A Cairo program also requires an execution segment. This is where the register `ap` and `fp` start, and where data generated during the run of a Cairo program (variables, return addresses for function calls, etc.) is stored. The length of the execution segment is variable as it may depend on the program input.

Every builtin has its own variable-length continuous area in memory that is located in its own segment.

## 7 Builtins and Implicit Arguments

Builtins are predefined optimized low-level execution units which are added to the Cairo CPU board to perform predefined computations which are expensive to perform in vanilla Cairo (e.g., range-checks, Pedersen hash, ECDSA, …).

The CPU communicates with builtins thourgh memeory: each builtin has a segment and applies constraints on the memory cells in the segment.

Implicit argument is a syntactic sugar that adds arguments and return values to the funciton When you use the high-level `return` statement, you don’t have to explicitly return the implicit argument. The Cairo compiler returns the current binding of the implicit argument.

There are three ways to call a function with implicit argments:

• Explicitly `function_name{x=y}()`: `y` is bind to `x`. After the call, `y` has the return value of `x`.
• Implicitly using an implicit argument with the same name in caller.
• Implicitly using a `with` statement in caller.

Because an implicit argument is implemented as a reference, it might be revoked. The solution is to use a local variable to keep the implicit argument. When there is no branches, `alloc_locals` can add the local variables automatically. Adding `tempvar` at the end of every branch also works.
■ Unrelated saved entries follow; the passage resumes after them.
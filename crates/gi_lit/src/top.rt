ghost use Rattle.std.specs.Prelude.{◌≡◌, ◌/◌, ◌≤◌, All};
ghost use Rattle.gi_lit.specs.Literals.{max_var};
ghost use Rattle.gi_lit.specs.Problem.{top};

use crate::lit::Lit;

/// The greatest variable of the literals, or 0 if there are none.
pub fn top_variable(lits: &[Lit]) -> u32
    ensures value { result ≡ top lits.now }
    ensures high { result ≤ max_var }
    ensures within { All (λ l. l / 2 ≤ result) lits.now }
{
    let mut greatest = 0;
    for l in lits {
        let v = l.var().index();
        if greatest < v {
            greatest = v;
        }
    }
    greatest
}
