// Writes, for some counts and in both modes, values that take as many bits as so many can: into as many bytes as
// `most_bytes` answers, and into one fewer. Says how many bits that took, how many they can take at most, and how the
// second write was refused.
#![tactic(auto)]

use macaque_v::{MacaqueV, Opening};
use models::{ErrorBound, Fault, Refusal};

const STDOUT_FILENO: i32 = 1;

// The value that a stream without a first one opens on: 1.0.
const OPENING: u32 = 0x3F80_0000;

fn main() {
    for count in [1, 2, 3, 64, 1_000, 65_536] {
        both(count);
    }
}

fn both(count: usize) {
    print(count, b" with a first value: ");
    fill(count, true, Opening::First);
    print(count, b" without: ");
    fill(count, false, Opening::On(OPENING));
}

// Room for the values, and for their bytes: arrays of fixed size, since the project has no heap.
fn fill(count: usize, first: bool, opening: Opening) {
    let mut values = [0u32; 65536];
    let mut buffer = [0u8; 360449];
    fill_in(&mut values, count, first, opening, &mut buffer);
    io::write_all(STDOUT_FILENO, b"\n");
}

fn fill_in(values: &mut [u32], count: usize, first: bool, opening: Opening, buffer: &mut [u8]) {
    draw(values, count, first);
    if count <= values.len() {
        tell(&values[..count], opening, buffer);
    }
}

// The first `count` values. Each differs from the one before by one of two patterns in turn, each of which sets a window of
// 31 bits that the other does not fit into, and the last by one that has all 32. A first value that is stored in full is 0.
fn draw(values: &mut [u32], count: usize, first: bool) {
    let mut last: u32 = if first { 0 } else { OPENING };
    for (i, value) in values.iter_mut().enumerate() {
        last ^= difference(i, count, first);
        *value = last;
    }
}

// By what the i-th of `count` values differs from the one before it.
fn difference(i: usize, count: usize, first: bool) -> u32 {
    if first & (i == 0) {
        return 0;
    }
    if i.wrapping_add(1) == count {
        return 0x8000_0001;
    }
    if i % 2 == 0 { 0x4000_0001 } else { 0x8000_0002 }
}

// How many bits the values take, and how many so many can.
fn tell(values: &[u32], opening: Opening, buffer: &mut [u8]) {
    let bytes = MacaqueV::most_bytes(values.len(), opening).unwrap_or(0);
    write(values, opening, buffer, bytes);
    print(
        MacaqueV::most_bits(values.len(), opening).unwrap_or(0),
        b" at most, in ",
    );
    print(bytes, b" bytes; in one fewer ");
    if 0 < bytes {
        write(values, opening, buffer, bytes - 1);
    }
}

// A fresh lossless writer, lent the first bytes of the buffer.
fn write(values: &[u32], opening: Opening, buffer: &mut [u8], bytes: usize) {
    if buffer.len() < bytes {
        return;
    }
    let Ok(writer) = MacaqueV::new(ErrorBound::Lossless, opening) else {
        return;
    };
    match writer.compress_values(values, &mut buffer[..bytes]) {
        Err(refused) => tell_refusal(refused.cause),
        Ok(after) => print(after.place, b" bits, "),
    }
}

fn tell_refusal(r: Refusal) {
    let fault = Fault::from(r);
    io::write_all(STDOUT_FILENO, b"refused with ");
    io::print_decimal(STDOUT_FILENO, fault.number as u64);
}

fn print(n: usize, what: &[u8]) {
    io::print_decimal(STDOUT_FILENO, n as u64);
    io::write_all(STDOUT_FILENO, what);
}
Cairo supports a few possible layouts. Each layout specifies which of the different builtins exist and how many instances of that builtin can be used. This is measured as the ratio between the number of instructions (`n_steps`) and the number of available builtin instances. The default `plain` layout has no builtins.

The `%builtins` directive specifies which builtins are used by the program. Each builtin adds an argument to main() and requires a return value.